━━━ Entries shown ━━━

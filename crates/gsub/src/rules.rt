ghost use Rattle.std.specs.Prelude.{◌≡◌, ◌+◌, ◌≤◌, IfOk};
ghost use Rattle.layout.specs.Faults.{first_in};
ghost use Rattle.layout.specs.Told.{verdict};
ghost use Rattle.gsub.specs.Rules.{Lies, NotRecords, rule_byte, inputs_of, plain_rule, chain_rule, rule_of, plain_counts, chain_counts, counts_of, records_of, rule_faults};
ghost use Rattle.gsub.specs.Subtables.{reverse_rule, reverse_arrays};

use crate::arrays::{Array, Entries, count_field};
use crate::follow::Target;
use crate::walk::{Start, Walk};
use layout::bytes::{Field, Width};
use layout::fault::{Rule, StructureFault};

// Where the arrays of a context rule stand.
#[derive(Clone, Copy)]
pub struct RuleArrays {
    pub backtrack: Array,
    pub input: Array,
    pub lookahead: Array,
    pub records: Array,
}

// The rule of a structure, whose arrays were found to lie in the table.
#[derive(Clone, Copy)]
pub(crate) struct ContextRule {
    pub(crate) start: Start,
    pub(crate) arrays: RuleArrays,
    ghost lies: { Lies start.byte arrays },
}

// Where a rule of type 5 or 6 stands.
#[derive(Clone, Copy)]
pub(crate) enum RulePlace {
    // In a rule set: it leaves its first input entry out.
    InSet,
    // Behind the format of a subtable.
    BehindFormat,
}

impl RulePlace {
    fn byte(self, start: Start) -> usize
        ensures byte { result ≡ rule_byte self start.byte }
        ensures near { (start.byte ≤ result) × (result ≤ start.byte + 2) }
    {
        match self {
            RulePlace::InSet => start.byte,
            RulePlace::BehindFormat => start.byte + 2,
        }
    }

    fn inputs(self) -> Entries
        ensures inputs { result ≡ inputs_of self }
        ensures fields { NotRecords result }
    {
        match self {
            RulePlace::InSet => Entries::ButFirst,
            RulePlace::BehindFormat => Entries::All,
        }
    }
}

// A place and a start go into three methods; a type of the two would have a method for each of its parts.
impl Walk<'_> {
    // The rule of the structure at `start`, by its counts and extents: of type 6 if it chains, else of type 5.
    pub(crate) fn rule(
        &self,
        chain: bool,
        place: RulePlace,
        start: Start,
    ) -> Result<ContextRule, StructureFault>
        ensures answer { verdict result ≡ first_in (counts_of chain self.now.table start.byte (rule_byte place start.byte) (inputs_of place)) }
        ensures rule { IfOk result (λ rule. (rule.arrays ≡ rule_of chain self.now.table (rule_byte place start.byte) (inputs_of place)) × (rule.start.byte ≡ start.byte)) }
    {
        if chain {
            self.chain_rule(place, start)
        } else {
            self.plain_rule(place, start)
        }
    }

    fn plain_rule(&self, place: RulePlace, start: Start) -> Result<ContextRule, StructureFault>
        ensures answer { verdict result ≡ first_in (plain_counts self.now.table start.byte (rule_byte place start.byte) (inputs_of place)) }
        ensures rule { IfOk result (λ rule. (rule.arrays ≡ plain_rule self.now.table (rule_byte place start.byte) (inputs_of place)) × (rule.start.byte ≡ start.byte)) }
    {
        let structure = self.structure(start);
        let at = place.byte(start);
        let entries = place.inputs();
        let inputs = count_field(structure, at, 1)?;
        let records = count_field(structure, at + 2, 0)?;
        let fields = entries.fields(inputs) + 2 * u64::from(records);
        structure.check_fields(at + 4, Width::Two, fields)?;
        let none = Array { at, count: 0 };
        let input = Array {
            at: at + 4,
            count: entries.listed(inputs),
        };
        let records = Array {
            at: input.past(),
            count: usize::from(records),
        };
        let arrays = RuleArrays {
            backtrack: none,
            input,
            lookahead: none,
            records,
        };
        Ok(ContextRule { start, arrays })
    }

    #[tactic(auto, unfolding(crate::specs::Rules::array_at))]
    fn chain_rule(&self, place: RulePlace, start: Start) -> Result<ContextRule, StructureFault>
        ensures answer { verdict result ≡ first_in (chain_counts self.now.table start.byte (rule_byte place start.byte) (inputs_of place)) }
        ensures rule { IfOk result (λ rule. (rule.arrays ≡ chain_rule self.now.table (rule_byte place start.byte) (inputs_of place)) × (rule.start.byte ≡ start.byte)) }
    {
        let structure = self.structure(start);
        let backtrack = Array::counted(structure, place.byte(start), 0, Entries::All)?;
        let input = Array::counted(structure, backtrack.past(), 1, place.inputs())?;
        let lookahead = Array::counted(structure, input.past(), 0, Entries::All)?;
        let records = Array::counted(structure, lookahead.past(), 0, Entries::Records)?;
        let arrays = RuleArrays {
            backtrack,
            input,
            lookahead,
            records,
        };
        Ok(ContextRule { start, arrays })
    }

    // The rule of type 8: its input is the glyph alone, and it has no records. Its glyphs stand just past its lookahead.
    #[tactic(auto, unfolding(crate::specs::Rules::array_at))]
    pub(crate) fn reverse_rule(&self, start: Start) -> Result<ContextRule, StructureFault>
        ensures answer { verdict result ≡ first_in (reverse_arrays self.now.table start.byte) }
        ensures rule { IfOk result (λ rule. (rule.arrays ≡ reverse_rule self.now.table start.byte) × (rule.start.byte ≡ start.byte)) }
    {
        let subtable = self.structure(start);
        subtable.check_fields(start.byte + 2, Width::Two, 1)?;
        let backtrack = Array::counted(subtable, start.byte + 4, 0, Entries::All)?;
        let lookahead = Array::counted(subtable, backtrack.past(), 0, Entries::All)?;
        subtable.counted(lookahead.past(), Width::Two)?;
        let none = Array {
            at: start.byte,
            count: 0,
        };
        let arrays = RuleArrays {
            backtrack,
            input: none,
            lookahead,
            records: none,
        };
        Ok(ContextRule { start, arrays })
    }

    // The lookup numbers of a rule's records.
    pub(crate) fn check_records(&self, rule: ContextRule) -> Result<(), StructureFault>
        ensures { verdict result ≡ first_in (records_of self.now.table self.now.lookups rule.start.byte rule.arrays) }
    {
        let structure = self.structure(rule.start);
        let records = rule.arrays.records;
        for k in 0..records.count {
            let at = records.at + 4 * k + 2;
            let lookup = u16::read(structure.table, at);
            structure.require(lookup < self.lookups(), Rule::Missing, at)?;
        }
        Ok(())
    }
}

// The rules of a set: of type 6 if they chain, else of type 5. As two types they would have the same lines but for this field.
#[derive(Clone, Copy, Drop)]
pub(crate) struct Rules {
    pub(crate) chain: bool,
}

impl Target for Rules {
    ghost faults = { λ rules walked s. rule_faults rules.chain walked.table walked.lookups s };

    fn check(&self, walk: &mut Walk<'_>, start: Start) -> Result<(), StructureFault> {
        let rule = walk.rule(self.chain, RulePlace::InSet, start)?;
        walk.check_records(rule)
    }
}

━━━

-- Assignment --
Every line of data must be returned unchanged.

-- Your response --
filename crates/gsub/src/rules.rt
ghost use Rattle.std.specs.Prelude.{◌≡◌, ◌+◌, ◌≤◌, IfOk};
ghost use Rattle.layout.specs.Faults.{first_in};
ghost use Rattle.layout.specs.Told.{verdict};
ghost use Rattle.gsub.specs.Rules.{Lies, NotRecords, rule_byte, inputs_of, plain_rule, chain_rule, rule_of, plain_counts, chain_counts, counts_of, records_of, rule_faults};
ghost use Rattle.gsub.specs.Subtables.{reverse_rule, reverse_arrays};

use crate::arrays::{Array, Entries, count_field};
use crate::follow::Target;
use crate::walk::{Start, Walk};
use layout::bytes::{Field, Width};
use layout::fault::{Rule, StructureFault};

// Where the arrays of a context rule stand.
#[derive(Clone, Copy)]
pub struct RuleArrays {
    pub backtrack: Array,
    pub input: Array,
    pub lookahead: Array,
    pub records: Array,
}

// The rule of a structure, whose arrays were found to lie in the table.
#[derive(Clone, Copy)]
pub(crate) struct ContextRule {
    pub(crate) start: Start,
    pub(crate) arrays: RuleArrays,
    ghost lies: { Lies start.byte arrays },
}

// Where a rule of type 5 or 6 stands.
#[derive(Clone, Copy)]
pub(crate) enum RulePlace {
    // In a rule set: it leaves its first input entry out.
    InSet,
    // Behind the format of a subtable.
    BehindFormat,
}

impl RulePlace {
    fn byte(self, start: Start) -> usize
        ensures byte { result ≡ rule_byte self start.byte }
        ensures near { (start.byte ≤ result) × (result ≤ start.byte + 2) }
    {
        match self {
            RulePlace::InSet => start.byte,
            RulePlace::BehindFormat => start.byte + 2,
        }
    }

    fn inputs(self) -> Entries
        ensures inputs { result ≡ inputs_of self }
        ensures fields { NotRecords result }
    {
        match self {
            RulePlace::InSet => Entries::ButFirst,
            RulePlace::BehindFormat => Entries::All,
        }
    }
}

// A place and a start go into three methods; a type of the two would have a method for each of its parts.
impl Walk<'_> {
    // The rule of the structure at `start`, by its counts and extents: of type 6 if it chains, else of type 5.
    pub(crate) fn rule(
        &self,
        chain: bool,
        place: RulePlace,
        start: Start,
    ) -> Result<ContextRule, StructureFault>
        ensures answer { verdict result ≡ first_in (counts_of chain self.now.table start.byte (rule_byte place start.byte) (inputs_of place)) }
        ensures rule { IfOk result (λ rule. (rule.arrays ≡ rule_of chain self.now.table (rule_byte place start.byte) (inputs_of place)) × (rule.start.byte ≡ start.byte)) }
    {
        if chain {
            self.chain_rule(place, start)
        } else {
            self.plain_rule(place, start)
        }
    }

    fn plain_rule(&self, place: RulePlace, start: Start) -> Result<ContextRule, StructureFault>
        ensures answer { verdict result ≡ first_in (plain_counts self.now.table start.byte (rule_byte place start.byte) (inputs_of place)) }
        ensures rule { IfOk result (λ rule. (rule.arrays ≡ plain_rule self.now.table (rule_byte place start.byte) (inputs_of place)) × (rule.start.byte ≡ start.byte)) }
    {
        let structure = self.structure(start);
        let at = place.byte(start);
        let entries = place.inputs();
        let inputs = count_field(structure, at, 1)?;
        let records = count_field(structure, at + 2, 0)?;
        let fields = entries.fields(inputs) + 2 * u64::from(records);
        structure.check_fields(at + 4, Width::Two, fields)?;
        let none = Array { at, count: 0 };
        let input = Array {
            at: at + 4,
            count: entries.listed(inputs),
        };
        let records = Array {
            at: input.past(),
            count: usize::from(records),
        };
        let arrays = RuleArrays {
            backtrack: none,
            input,
            lookahead: none,
            records,
        };
        Ok(ContextRule { start, arrays })
    }

    #[tactic(auto, unfolding(crate::specs::Rules::array_at))]
    fn chain_rule(&self, place: RulePlace, start: Start) -> Result<ContextRule, StructureFault>
        ensures answer { verdict result ≡ first_in (chain_counts self.now.table start.byte (rule_byte place start.byte) (inputs_of place)) }
        ensures rule { IfOk result (λ rule. (rule.arrays ≡ chain_rule self.now.table (rule_byte place start.byte) (inputs_of place)) × (rule.start.byte ≡ start.byte)) }
    {
        let structure = self.structure(start);
        let backtrack = Array::counted(structure, place.byte(start), 0, Entries::All)?;
        let input = Array::counted(structure, backtrack.past(), 1, place.inputs())?;
        let lookahead = Array::counted(structure, input.past(), 0, Entries::All)?;
        let records = Array::counted(structure, lookahead.past(), 0, Entries::Records)?;
        let arrays = RuleArrays {
            backtrack,
            input,
            lookahead,
            records,
        };
        Ok(ContextRule { start, arrays })
    }

    // The rule of type 8: its input is the glyph alone, and it has no records. Its glyphs stand just past its lookahead.
    #[tactic(auto, unfolding(crate::specs::Rules::array_at))]
    pub(crate) fn reverse_rule(&self, start: Start) -> Result<ContextRule, StructureFault>
        ensures answer { verdict result ≡ first_in (reverse_arrays self.now.table start.byte) }
        ensures rule { IfOk result (λ rule. (rule.arrays ≡ reverse_rule self.now.table start.byte) × (rule.start.byte ≡ start.byte)) }
    {
        let subtable = self.structure(start);
        subtable.check_fields(start.byte + 2, Width::Two, 1)?;
        let backtrack = Array::counted(subtable, start.byte + 4, 0, Entries::All)?;
        let lookahead = Array::counted(subtable, backtrack.past(), 0, Entries::All)?;
        subtable.counted(lookahead.past(), Width::Two)?;
        let none = Array {
            at: start.byte,
            count: 0,
        };
        let arrays = RuleArrays {
            backtrack,
            input: none,
            lookahead,
            records: none,
        };
        Ok(ContextRule { start, arrays })
    }

    // The lookup numbers of a rule's records.
    pub(crate) fn check_records(&self, rule: ContextRule) -> Result<(), StructureFault>
        ensures { verdict result ≡ first_in (records_of self.now.table self.now.lookups rule.start.byte rule.arrays) }
    {
        let structure = self.structure(rule.start);
        let records = rule.arrays.records;
        for k in 0..records.count {
            let at = records.at + 4 * k + 2;
            let lookup = u16::read(structure.table, at);
            structure.require(lookup < self.lookups(), Rule::Missing, at)?;
        }
        Ok(())
    }
}

// The rules of a set: of type 6 if they chain, else of type 5. As two types they would have the same lines but for this field.
#[derive(Clone, Copy, Drop)]
pub(crate) struct Rules {
    pub(crate) chain: bool,
}

impl Target for Rules {
    ghost faults = { λ rules walked s. rule_faults rules.chain walked.table walked.lookups s };

    fn check(&self, walk: &mut Walk<'_>, start: Start) -> Result<(), StructureFault> {
        let rule = walk.rule(self.chain, RulePlace::InSet, start)?;
        walk.check_records(rule)
    }
}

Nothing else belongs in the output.